Here’s what we know about Barabbas:
- First, the Gospel of John tells us that Barabbas is a “bandit”. That’s the word that Jesus used in his Parable of the Good Samaritan, who going down from Jerusalem to Jericho is ambushed by “bandits”, beaten, stripped naked, robbed, and left for dead. Barabbas is a bandit, the Greek word is, léstés: he is the worst kind of criminal.
- The Gospels of Luke and Mark tell us that Barabbas was part of an insurrection, a riot, a rebellion in Jerusalem at which he murdered people. Barabbas is a multiple-counts murderer.
- The Gospel of Matthew tells us that Barabbas is a “notorious prisoner”. Barabbas is known from Galilee in the north, to Beersheba in the south. Everyone breathed a sigh of relief when they heard that Barabbas was locked away. He is guilty under both Jewish and Roman Law.
That’s what we know about Barabbas. But there is his name. It’s his name that leaves us scratching our heads. His name is an enigma, a tough nut to crack. Barabbas is a patronym, that is, a name derived from one’s father.
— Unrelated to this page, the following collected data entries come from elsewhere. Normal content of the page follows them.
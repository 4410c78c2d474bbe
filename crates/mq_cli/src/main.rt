//! `mqjudge` judges the log of one end of an MQTT 5.0 session.
#![tactic(auto)]

use mq_host::{Failure, Outlet, System};
use mq_tasks::{Meter, run};
use std::io::{BufWriter, IsTerminal};
use std::process::ExitCode;

// Gives the program the system, its streams and a meter. Without memory for the output's buffer it
// only says so, and fails.
fn main(rt: HostRuntime) -> ExitCode {
    let alloc = rt.alloc();
    let mut system = System { rt: &rt };
    let mut error = rt.stderr();
    let mut progress = Meter::new(rt.stderr(), rt.stderr().is_terminal());
    let status = match BufWriter::new(alloc, rt.stdout()) {
        Ok(output) => run(
            alloc,
            &mut system,
            &mut Outlet::new(output),
            &mut error,
            &mut progress,
        ),
        Err(_) => Failure::Memory.report(&mut error),
    };
    ExitCode::from(status)
}
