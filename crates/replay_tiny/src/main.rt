// Replays the oracle's answers on the map of a node (answers/tiny.txt, on standard input) over the proved TinyBitvector, and compares every number.
// Where an operation has a second form, which works on the map's words in place or goes from each byte to the next, that is replayed too.
#![tactic(auto)]

mod walk;

use bitvector::tiny;
use bitvector::tiny::TinyBitvector;
use replay::input;
use replay::stop::Stop;
use replay::tally::Tally;
use std::alloc::{AllocError, Global};
use std::io;

// The most bytes that are read of the text.
const LONGEST: usize = 262144;

// The row of an operation's second form is so much above the operation.
const SECOND: u64 = 10;

// A yes or no, and the map that is left.
fn and_map(alloc: Global, answer: bool, map: [u64; 4]) -> Result<Vec<u64>, AllocError> {
    let [a, b, c, d] = map;
    Ok(vec![in alloc; u64::from(answer), a, b, c, d]?)
}

fn first_form(
    alloc: Global,
    op: u64,
    map: TinyBitvector,
    x: u8,
) -> Result<Option<Vec<u64>>, AllocError> {
    let came = match op {
        1 => vec![in alloc; u64::from(map.contains(x))]?,
        2 => {
            let r = map.insert(x);
            and_map(alloc, r.absent, r.map.w)?
        }
        3 => {
            let r = map.remove(x);
            and_map(alloc, r.present, r.map.w)?
        }
        4 => vec![in alloc; u64::from(map.is_empty())]?,
        5 => vec![in alloc; map.count() as u64]?,
        6 => vec![in alloc; map.rank(x) as u64]?,
        7 => walk::by_taking(alloc, map)?,
        _ => return Ok(None),
    };
    Ok(Some(came))
}

fn second_form(
    alloc: Global,
    op: u64,
    map: TinyBitvector,
    x: u8,
) -> Result<Option<Vec<u64>>, AllocError> {
    let mut w = map.w;
    let came = match op {
        1 => vec![in alloc; u64::from(tiny::contains_in(&w, x))]?,
        2 => {
            let absent = tiny::insert_in(&mut w, x);
            and_map(alloc, absent, w)?
        }
        3 => {
            let present = tiny::remove_in(&mut w, x);
            and_map(alloc, present, w)?
        }
        7 => walk::by_next(alloc, map)?,
        _ => return Ok(None),
    };
    Ok(Some(came))
}

// Carries a line out in its forms, and compares.
fn carry_out(rt: &impl Print, alloc: Global, tally: &mut Tally, line: &[u64]) -> Result<(), Stop> {
    let (op, map, x, recorded) = match line {
        [op @ (1 | 2 | 3 | 6), a, b, c, d, x, recorded @ ..] => {
            (*op, [*a, *b, *c, *d], *x, recorded)
        }
        [op @ (4 | 5 | 7), a, b, c, d, recorded @ ..] => (*op, [*a, *b, *c, *d], 0, recorded),
        [1..=7, ..] | [] => return Err(Stop::BadNumbers),
        [op, ..] => return Err(Stop::Unknown(*op)),
    };
    let map = TinyBitvector { w: map };
    let x = u8::try_from(x).map_err(|_| Stop::BadNumbers)?;
    if let Some(came) = first_form(alloc, op, map, x)? {
        tally.judge(rt, op, recorded, &came)?;
    }
    if let Some(came) = second_form(alloc, op, map, x)? {
        tally.judge(rt, op.saturating_add(SECOND), recorded, &came)?;
    }
    Ok(())
}

fn all_lines(rt: &impl Print, alloc: Global, tally: &mut Tally, text: &[u8]) -> Result<(), Stop> {
    for line in text.split_inclusive(|b| *b == b'\n') {
        if let Some(numbers) = tally.take(line)? {
            carry_out(rt, alloc, tally, &numbers)?;
        }
    }
    tally.at_end()
}

fn main(rt: HostRuntime) -> io::Result<()> {
    let alloc = rt.alloc();
    let text = input::read(&rt, LONGEST)?;
    println!(rt; "answers/tiny.txt over TinyBitvector:")?;
    let mut tally = Tally::new(alloc);
    let end = all_lines(&rt, alloc, &mut tally, &text);
    let to_the_end = tally.came_to_end(&rt, end)?;
    tally.say_rows(
        &rt,
        &[
            ("contains", 1),
            ("insert", 2),
            ("remove", 3),
            ("is empty", 4),
            ("count", 5),
            ("rank", 6),
            ("walk", 7),
            ("contains in place", 11),
            ("insert in place", 12),
            ("remove in place", 13),
            ("walk by next", 17),
        ],
    )?;
    tally.verdict(&rt, to_the_end, 0)
}
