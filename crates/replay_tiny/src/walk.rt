// The walk of a map, as one answer: how many bytes there are, and each in order.
use bitvector::tiny::TinyBitvector;
use std::alloc::{AllocError, Global};
use std::iter;

fn told(alloc: Global, bytes: &[u64]) -> Result<Vec<u64>, AllocError> {
    iter::once(bytes.len() as u64)
        .chain(bytes.iter().copied())
        .collect(alloc)
}

// By taking the least byte out until there is nothing: there are 256 bytes.
pub fn by_taking(alloc: Global, map: TinyBitvector) -> Result<Vec<u64>, AllocError> {
    let mut bytes = Vec::new(alloc);
    let mut rest = map;
    for _ in 0..256 {
        let first = rest.pop_first();
        let Some(x) = first.at else {
            break;
        };
        bytes.push(x as u64)?;
        rest = first.rest;
    }
    told(alloc, &bytes)
}

// By the least byte behind the last: there are 256 bytes.
pub fn by_next(alloc: Global, map: TinyBitvector) -> Result<Vec<u64>, AllocError> {
    let mut bytes = Vec::new(alloc);
    let mut from = 0usize;
    for _ in 0..256 {
        let Some(x) = map.next(from) else {
            break;
        };
        bytes.push(x as u64)?;
        from = x.saturating_add(1);
    }
    told(alloc, &bytes)
}
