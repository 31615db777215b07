// Every step gets somewhere: the laws of a single step are in proofs/. Nothing here runs.
#![tactic(auto)]
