impl Serialize for Color {
    ghost script = { elim [
      | color.Rgb x1 x2 x3 ↦ tuple_script 3
          (element_first (⟦<u8 as Serialize>⟧.script x1)
          (element_first (⟦<u8 as Serialize>⟧.script x2)
          (element_first (⟦<u8 as Serialize>⟧.script x3)
          end_script)))
      | color.Rgba x1 x2 x3 x4 ↦ tuple_script 4
          (element_first (⟦<u8 as Serialize>⟧.script x1)
          (element_first (⟦<u8 as Serialize>⟧.script x2)
          (element_first (⟦<u8 as Serialize>⟧.script x3)
          (element_first (⟦<u8 as Serialize>⟧.script x4)
          end_script))))
    ] };

    ghost lawful = { elim [
      | color.Rgb x1 x2 x3 ↦ λ readable. tuple_lawful
          (element_fits (leaf_lawful refl)
          (element_fits (leaf_lawful refl)
          (element_fits (leaf_lawful refl)
          end_fits)))
      | color.Rgba x1 x2 x3 x4 ↦ λ readable. tuple_lawful
          (element_fits (leaf_lawful refl)
          (element_fits (leaf_lawful refl)
          (element_fits (leaf_lawful refl)
          (element_fits (leaf_lawful refl)
          end_fits))))
    ] };

    fn serialize<S: Serializer>(&self, alloc: Global, serializer: &mut S) -> Result<()> {
        match self {
            Color::Rgb(x1, x2, x3) => send_whole_color_rgb(alloc, serializer, self, x1, x2, x3),
            Color::Rgba(x1, x2, x3, x4) => {
                send_whole_color_rgba(alloc, serializer, self, x1, x2, x3, x4)
            }
        }
    }
}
In cultures where ancestry and descent from one’s father connection are important, there are different ways of saying, “son of”.
For the Scottish, “McGregor”, means “son of Gregor”. For the English, “Johnson”, is “son of John”. For the Russians, Petrov is “son of Peter”. In the Hebrew language, “Ben David” means “son of David”. For the Aramaic speaking Jews of Jesus’ day, the prefix “bar” indicates, “son of”. So we see in Matthew 16:17 that Jesus calls Simon Peter, “Simon bar Jonah”, “Simon son of Jonah”. When a Jewish boy enters manhood he is called “bar mitzvah”, “son of the commandments”.
Bar-abbas, then, is, “bar”….”son of abba, son of a father.” In the Garden of Gethsemane, Jesus prayed, “Abba, Father”.
Bar-abbas — “son of a father”. But that’s a strange sort of name isn’t it. It doesn’t tell us very much. Every one of us is a son or daughter of a father. Bar-abbas! What a name! His parents might as well have called him “Everyone”. It is “Everyone” who stands before the judgment seat today.
Alongside Barabbas, “the son of a father”, there stands Jesus, “the Son of God.” Barabbas, the son of a father, has been officially declared guilty, and Jesus, the Son of God, has been officially declared innocent.
Earlier in the evening King Herod examined Jesus and declared Him innocent. Governor Pilate examined Jesus, heard the witnesses, looked at the evidence, and found Jesus innocent, declaring, “I find no fault in this man.”
In the Roman Province of Judea in the first century there is a long-standing custom called the Passover Pardon. The Passover Pardon means that the Roman Governor is to release a prisoner at the time of Passover, a prisoner of the people’s choosing. And Pilate wants to release Jesus, “the Son of God”, but the mob wants him to release Barabbas, “the son of a father”.
I have always imagined Barabbas, sitting in his dungeon cell at the Fortress of Antonia. I have imagined Barabbas staring at his hands, thinking how soon they will be nailed to a cross, mocked, left there for vultures. As Barabbas stares at his hands, he can hear the angry mob, yelling, “Crucify! Crucify him!” And he can hear his name being shouted.
Then two burly Roman soldiers arrive, members of the governor’s Praetorian guard, heavy armor clanking. They proceed to unlock Barabbas’ chains. In heavily accented Aramaic they say to Barabbas: “You’re free! You’re free! Jesus is going to die in your place.”
As we read “The Gospel According to Barabbas”, Barabbas becomes a flesh-and-blood symbol for you and for me. At this moment the Gospel story paints Barabbas as Everyone. The guilty go free, and the Holy One dies. Barabbas becomes the first one who can say, “Jesus died for me.”
This is no accident in the story. It all happens in God’s plan. God orders it to send a message to you and to me, that “the son of a father, a daughter of a father” is Everyone! And Jesus lived and died in the place of Everyone, so that we might have a place in Him with the heavenly Father, that we might know that the Father loves us as He loves His own Son, Jesus Christ.
Writing 700 years before that Good Friday, it were as though the prophet Isaiah was standing at the foot of the Cross looking up at Jesus: “He was wounded for our transgressions, crushed for our iniquities….All we like sheep (EVERYONE) have gone astray, and the Lord has laid on Him, the iniquities of us (EVERYONE) all.”
Barabbas, son of a father, guilty, but goes free. Jesus, the Son of God, innocent, but is crucified. This is the Good Friday Prisoner Exchange!
The apostle Paul puts it like this: 2 Corinthians 5:21 “God made Christ to be sin for us, who knew no sin, that in him we might be the righteousness of God.”
There’s an old hymn that says all this so well: “Upon a Life I have not lived; upon a Death I did not die; another’s Life, another’s Death, I stake my whole eternity.”
As Jesus dies on Good Friday in the place of “Everyone”, there was on the cross next to Jesus, a criminal, probably one of Barabbas’ cronies. He prayed in faith to Jesus: “Jesus, remember me, when You come into Your Kingdom.” Let’s now sing the words of that simple prayer, as we sing the Taize chorus: “Jesus, remember me, when you come into Your Kingdom.”